I made the ferrobob out of the threaded end of the tie rod end as it was the only straight part.  It machined pretty well so apparently
the tie rod ends are not too far from mild steel.


I have been thinking of using a plumb bob as an aid to lathe leveling.  Now all I need is a stand to hold up the plumb bob and a piece of fishing line.


----------



## Braeden P (Mar 4, 2021)

smart putting your lathe in reverse to cut the taper


----------



## brino (Mar 4, 2021)

@cathead 
Your knurls look perfect!
Nicely done.
-brino


----------



## cathead (Mar 5, 2021)

Just for fun I welded a 1/2 inch bolt to a piece of cold roll and rigged up a stand to see if my lathe was anywhere in the realm of level.
I was surprised that seemingly is close on.  I do have a mechanics level but it has been several years since I have checked for level.
I will do a little comparison work and see how they compare.  It's an old and somewhat worn lathe from the 40's.  It's entirely possible
that the lathe would be more accurate off level I suppose.  Even with significant wear, if one knows its defugelties, a person can do
accurate work.  
	

		
			
		

		
	




	

		
			
		

		
	
 If I get serious with this plumb bob leveling, I will glue on a small ruler on the base.  The base, by the way looks a little rough so I put the
best side down and used a diamond hone to stone it off to be flat within reason.  It could be put on a surface plate and scraped if one were to be looking for real accuracy.  Next I will see what the machinist level has to say about this......


----------



## Shotgun (Mar 5, 2021)

As long as the plumb bob indicates to the same point, does it really matter if the top of the base is smooth or flat?  I would be more concerned with the bottom.  A bump there could throw everything off, depending on how it lands on your blocks.

How do you check your machinist level, other than finding a level spot, flipping the level 180, and verifying that the same spot is still level?


----------



## cathead (Mar 5, 2021)

Shotgun said:


> As long as the plumb bob indicates to the same point, does it really matter if the top of the base is smooth or flat?  I would be more concerned with the bottom.  A bump there could throw everything off, depending on how it lands on your blocks.
> 
> How do you check your machinist level, other than finding a level spot, flipping the level 180, and verifying that the same spot is still level?


I stoned the bottom of the base.  When using the machinist level I will have to stone both sides of the bar if I elect to use
the one with the string level.  The top is acritical using the string.


----------



## cathead (Mar 7, 2021)

Using the plumb bob method of leveling, I was able to determine only one thing and that was that both readings were the same.  
After using my machinist's level I found that part was true but the lathe was far from level.  It was high in the front by a fair amount
for some reason so now I have more leveling work to do using the machinist level.  Maybe the garage floor is sinking by the wall....


----------



## Shotgun (Mar 7, 2021)

Did you know that seamen are able to use lathes on ships which are rocking back and forth?

The bed doesn't have to be perfectly level, and it won't know if you don't tell it.  The bed could be vertical and the lathe would work exactly the same.  "Level" is just an easy indicator in order to get what you got from the plumb bob. . .that both ends are the same.


----------



## rwm (Mar 7, 2021)

Nice piece.

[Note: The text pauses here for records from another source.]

// A look ahead over the statements of a program section: where a statement or a list of them ends, and whether a list is written as one statement.

#![tactic(auto)]

ghost use Rattle.std.specs.Prelude.{◌≡◌, ◌+◌, ◌≤◌, ◌<◌, length, get_or};
ghost use Rattle.programs.specs.Program.{condition_bytes, statement_bytes, program_bytes};
ghost use Rattle.glances.specs.Glances.{EndsAt, ItemsLeft, ShapeIs};

// The byte after the condition at i. What it comes to is not asked: any values do.
pub fn past_condition(s: &[u8], i: usize) -> usize
    requires { i ≤ length s.now }
    ensures { EndsAt condition_bytes 0 s.now i result }
{
    let values = [0; visits::Env::ATTRIBUTES];
    let c = visits::condition(s, i, values, values);
    c.next
}

// The byte after the statement at i.
#[cycle(past_list_past_statement)]
pub fn past_statement(s: &[u8], i: usize) -> usize
    requires { i < length s.now }
    ensures { EndsAt statement_bytes 1 s.now i result }
{
    if s[i] != 10 {
        return visits::past(s, i);
    }
    let c = past_condition(s, i + 1);
    let l = past_list(s, c);
    past_list(s, l)
}

// The byte after the 0 that ends the list at i.
#[cycle(past_list_past_statement)]
pub fn past_list(s: &[u8], i: usize) -> usize
    requires { i ≤ length s.now }
    ensures { EndsAt program_bytes 0 s.now i result }
{
    if s.len() <= i {
        return i;
    }
    if s[i] == 0 {
        return i + 1;
    }
    let n = past_statement(s, i);
    past_list(s, n)
}

// Whether all statements of the list at i are items of a print.
fn only_items(s: &[u8], i: usize) -> bool
    requires { i ≤ length s.now }
    ensures { ItemsLeft s.now i result }
{
    if s.len() <= i {
        return true;
    }
    let k = s[i];
    if k == 0 {
        return true;
    }
    if sentences::is_item(k) {
        let n = past_statement(s, i);
        return only_items(s, n);
    }
    false
}

// Whether the list at i is no statement, one that is no if, one if, or more: 0 to 3.
pub fn shape_of(s: &[u8], i: usize) -> u8
    requires { i ≤ length s.now }
    ensures { ShapeIs s.now i result }
{
    if s.len() <= i {
        return 0;
    }
    let k = s[i];
    if k == 0 {
        return 0;
    }
    let n = past_statement(s, i);
    if sentences::is_item(k) {
        if only_items(s, n) {
            return 1;
        }
        return 3;
    }
    if n < s.len() {
        if s[n] == 0 {
            if k == 10 {
                return 2;
            }
            return 1;
        }
    }
    3
}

What is the advantage of cutting on the back side of the part using reverse? Why not just use the compound in conventional fashion?
Robert


----------



## cathead (Mar 7, 2021)

rwm said:


> Nice piece. What is the advantage of cutting on the back side of the part using reverse? Why not just use the compound in conventional fashion?
> Robert



It was just ergonomics as it was easier to rotate the compound to reach the back side, just my way of doing things
being Norwegian and all.


----------